I first joined Mensa, the high IQ society, when I was 23, and attended some of its local meetings. One of the society's aims is to provide a forum in which people with high IQs could meet and talk rationally about intellectual matters. To become a member one has to score in the top 2% in a monitored IQ test, which is not all that exclusive, given that over a million people in the UK could qualify.

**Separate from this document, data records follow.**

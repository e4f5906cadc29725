//! The fault of a first message, if its session refuses it.

use gu_fix::{FieldFault, Fields};
use gu_log::LogonFault;
use gu_msgs::{Inbound, ReadMessage, is_numeral, read_with_header};
use gu_terms::FirmId;
use std::alloc::{AllocError, Global};

/// Tags of a Logon: MsgSeqNum, EncryptMethod, HeartBtInt, DefaultApplVerID.
const MSG_SEQ_NUM: u32 = 34;

const ENCRYPT_METHOD: u32 = 98;

const HEART_BT_INT: u32 = 108;

const DEFAULT_APPL_VER_ID: u32 = 1137;

/// Returns the fault of a Logon at this tag.
fn fault_at(tag: u32) -> LogonFault {
    match tag {
        MSG_SEQ_NUM => LogonFault::Number,
        ENCRYPT_METHOD => LogonFault::Encryption,
        HEART_BT_INT => LogonFault::Heartbeat,
        DEFAULT_APPL_VER_ID => LogonFault::Version,
        _ => LogonFault::Other(tag),
    }
}

/// Returns whether a header's MsgSeqNum is a number.
fn has_number(text: Option<&[u8]>) -> bool {
    match text {
        Some(text) => is_numeral(text),
        None => false,
    }
}

/// Returns the fault of a first message from this firm, or from no known firm, if its session refuses it. If all else is right, its
/// TargetCompID is the only thing left that a session can refuse.
pub fn suspect(
    alloc: Global,
    firm: Option<FirmId>,
    fields: &Fields,
    malformed: Option<FieldFault>,
) -> Result<LogonFault, AllocError> {
    if firm.is_none() {
        return Ok(LogonFault::Sender);
    }
    if let Some(fault) = malformed {
        return Ok(fault_at(fault.tag));
    }
    let ReadMessage { content, header } = read_with_header(alloc, fields)?;
    let has_number = has_number(header.msg_seq_num);
    Ok(match content {
        Ok(Inbound::Logon(_)) if has_number => LogonFault::Target,
        Ok(Inbound::Logon(_)) => LogonFault::Number,
        Ok(_) => LogonFault::NotALogon,
        Err(fault) => fault_at(fault.tag),
    })
}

I let my membership lapse, and only rejoined over a decade later when I returned to the UK. Many of the London meetings were quite ordinary affairs, with perhaps a dozen or so members meeting in the upstairs rooms of pubs to discuss current issues. At some of these meetings I befriended Victor Serebriakoff, its chairman, and Clive Sinclair, the inventor. I was asked by them to stand as Secretary with their backing, and was elected. Clive Sinclair became its chairman, with Victor moving up to the post of President of International Mensa, and the three of us acted in concert to improve the society.
We introduced a colour magazine to replace the rather tatty "yellow pages" that announced club meetings. We staged upmarket events like black tie dinners, introduced a lecture series featuring well-known authors and academics, and staged a residential "Mensa at Cambridge" each year. We also recruited members by advertising Mensa tests in newspapers. Gradually the numbers increased. During the 13 years in which the three of us constituted its top officers, UK membership went from under 2,000 to just shy of 40,000.
I tried to leave the committee several times, but was persuaded to stay on and keep the team together. Finally I managed to leave because I contrived to be in the US at the time nominations had to be submitted. I thus left the committee, and allowed my membership to lapse shortly afterwards.